デッカはどうなるんだろうとハラハラした。ここでクスタリアに帰るのは止めて欲しい。けど、勇者の妻に何かあったのなら戻りたいという気持ちも分かる。
「鏡は持ってきていないのか?」
賢者が見張りの神官に聞いている。神官の一人が慌てて駆けていった。
「かがみ?」
「エルフが作った鏡じゃよ。同じ材料で作った鏡を持つ者同士、会話が出来るんじゃ」
側にいたヨータク爺が説明してくれた。
「大きな神殿にはあるはずじゃ。本神殿との連絡に使うのでな」
ヨータク爺はよっこらせ。と立ち上がると勇者たちの方に歩いて行った。
「鏡を持っていても使わせてくれるか分からん。
幸いにも今おるんはこの国の首都じゃ。神殿に行けば本神殿に鏡で連絡が出来る。法王にクスタリアの神殿に聞いてもらえばええ」
「勝手なことをするな!」
残っている神官が駆け寄ってきて文句を言っているが、ヨータクにチラリと見られて青白くなって後退していた。普段は好々爺に見えるけど、ヨータク爺の眼力は最盛期の冒険者たちより鋭くて怖い。デッカも言い付けを守らなくて怒られた時にあの目で睨まれて泣いてしまった。
「あの法王なら動いてくださるじゃろう。早く行け」
法王と聞いて不満げなタスクがそれでも取り乱す勇者を促して神殿の方に向かっていった。デッカたちはそれを見送るしか出来なかった。
勇者たちはお昼を過ぎでも帰って来なかった。
「この町にしばらく逗留だってさ」
幌を捲ってカカラが馬車に乗り込んできた。
「お姫さんや騎士や神官たちが喜んでいたよ」
カカラが吐き捨てるように言った。怒っているカカラを見るのは久しぶりだ。聖女たちの余りの態度に怒るよりも嗤うことを取っていたから。
「嫁さん、階段から落ちて流産したらしい」
呟かれた言葉に仰天する。大変なことだ。子供は可哀想だけど勇者の妻は大丈夫なんだろうか。

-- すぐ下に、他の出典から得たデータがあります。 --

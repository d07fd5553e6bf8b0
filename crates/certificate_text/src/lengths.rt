//! The length of the whole text.
ghost use Rattle.std.specs.Prelude.{◌≡◌, All, map};
ghost use Rattle.std.specs.List.{flat_map};
ghost use Rattle.lagrange_bound.specs.Prices.{IsPriceList};
ghost use Rattle.certificate_tree.specs.Ranges.{IsInRange};
ghost use Rattle.certificate_text.specs.Text.{text_of_lines, list_lines, node_line, tree_lines, certificate_text};
ghost use Rattle.certificate_text.specs.Steps.{header_lines};
ghost use Rattle.certificate_text.specs.Lengths.{counted_length};

use crate::entry_lengths::entries_length;
use crate::line_lengths::{bound_length, count_length, node_length, title_length};
use certificate_tree::{Certificate, Node};
use instance_model::Instance;
use lagrange_bound::Prices;

/// How many bytes the text of a certificate has. Takes no memory.
pub fn text_length(inst: &Instance, cert: &Certificate) -> u64
    requires { IsInRange inst.now cert.now }
    ensures { result ≡ counted_length (certificate_text inst.now cert.now) }
{
    let header = header_length(cert);
    let lists = lists_length(inst, cert.lists.as_slice());
    let tree = tree_length(cert.nodes.as_slice());
    header.saturating_add(lists.saturating_add(tree))
}

/// The first three lines.
fn header_length(cert: &Certificate) -> u64
    ensures { result ≡ counted_length (text_of_lines (header_lines cert.now)) }
{
    let count = cert.lists.as_slice().len() as u64;
    title_length(cert.version) + bound_length(cert.bound) + count_length(count)
}

/// All price lists.
fn lists_length(inst: &Instance, lists: &[Prices]) -> u64
    requires { All (IsPriceList inst.now) lists.now }
    ensures { result ≡ counted_length (text_of_lines (flat_map (list_lines inst.now) lists.now)) }
{
    let mut total: u64 = 0;
    for prices in lists {
        total = total.saturating_add(list_length(inst, prices));
    }
    total
}

/// A price list.
fn list_length(inst: &Instance, prices: &Prices) -> u64
    requires { IsPriceList inst.now prices.now }
    ensures { result ≡ counted_length (text_of_lines (list_lines inst.now prices.now)) }
{
    entries_length(inst, prices).saturating_add(7)
}

/// The tree.
pub fn tree_length(nodes: &[Node]) -> u64
    ensures { result ≡ counted_length (text_of_lines (tree_lines nodes.now)) }
{
    nodes_length(nodes).saturating_add(5)
}

/// All nodes.
fn nodes_length(nodes: &[Node]) -> u64
    ensures { result ≡ counted_length (text_of_lines (map node_line nodes.now)) }
{
    let mut total: u64 = 0;
    for node in nodes {
        total = total.saturating_add(node_length(*node));
    }
    total
}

「嫁さんもヤバいらしくて邪魔者がいなくなる、て喜んでいやがる」
デッカは言葉を失った。人が死ぬのを喜ぶなんて……。
「じゃあ、どうなるか分かるまでここっていうこと?」
うんざりした声がする。その声の主をデッカは睨み付けた。勇者が妻を大切に思っているのを知っているのにそんなこと言うなんて。

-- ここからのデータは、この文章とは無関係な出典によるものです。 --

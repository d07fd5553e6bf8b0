//! The one text that each certificate has, and which line may stand where in it.
//!
//! Contracts see a text as the list of its bytes. `certificate_text` is the text of a certificate, and
//! `Leads` says which lines may follow each other.
//!
//! `text_length` computes the length of the text before it is written, and without memory. A number of 64 bits counts
//! the bytes. Sums stop at the greatest one, so the answer is the length of each text that has no more bytes than that.
//!
//! `read` reads such a text, or finds its fault.
#![tactic(auto)]

mod entries;
mod entry_lengths;
mod laws;
mod lengths;
mod limits;
mod line_lengths;
mod put;
mod read;
mod write;

pub use certificate_tree::{
    Bound, BoxPath, Certificate, Node, Nodes, PriceLists, Side, Version, band_holds, excl_holds,
    has_start, has_starts, nodes_are_one_tree, parts_are_boxes, parts_hold_plans,
    valid_bounds_plans,
};
pub use entries::write_entries;
pub use entry_lengths::entries_length;
pub use laws::{
    entries_grow, lead_to_certificates, lines_are_cut_one_way, texts_are_short, texts_lead,
    texts_tell, zeros_have_no_entry,
};
pub use lengths::{text_length, tree_length};
pub use line_lengths::{bound_length, count_length, word_length};
pub use put::put_line;
pub use read::{
    CertFault, EntryKey, Lines, Refusal, bound_of, count_of, counts_to, key_of, read_certificate,
    read_nodes, set_entry, texts_are_told,
};
pub use write::{write_certificate, write_tree};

「んや、最初からここに数日留まる予定だったらしい。お姫さん、新しいドレスが手に入らなくてご立腹だったらしいから」
あり得ないだろとカカラが手を振っていた。
「傷心の勇者を慰めるんだ! て気合い入れて今ドレス探しに行ってるらしい」
「はあ?」
デッカは思わず声を上げてしまった。勇者の妻が死んだって連絡きてないのに死ぬ前提で動いているなんて!
「けど、これで確実に遅くなるなー」
その言葉にムカッと来るが、旅が遅くなればその分魔物の被害は拡大していく。
言いたいことは分かる、分かるけど………。
「大切な人が死にそうになっておる。お主は平気でおれるのか?」
ヨータクが静かに問うた。
「けどよー、勇者なんだから」
その気持ちも分かるけど、一緒に旅をしている勇者は本当に普通の人だった。金色の瞳じゃなかったら、魔物を倒す力がなかったら、うーん、それでも格好いい男だ、じゃあ普通とは言えない?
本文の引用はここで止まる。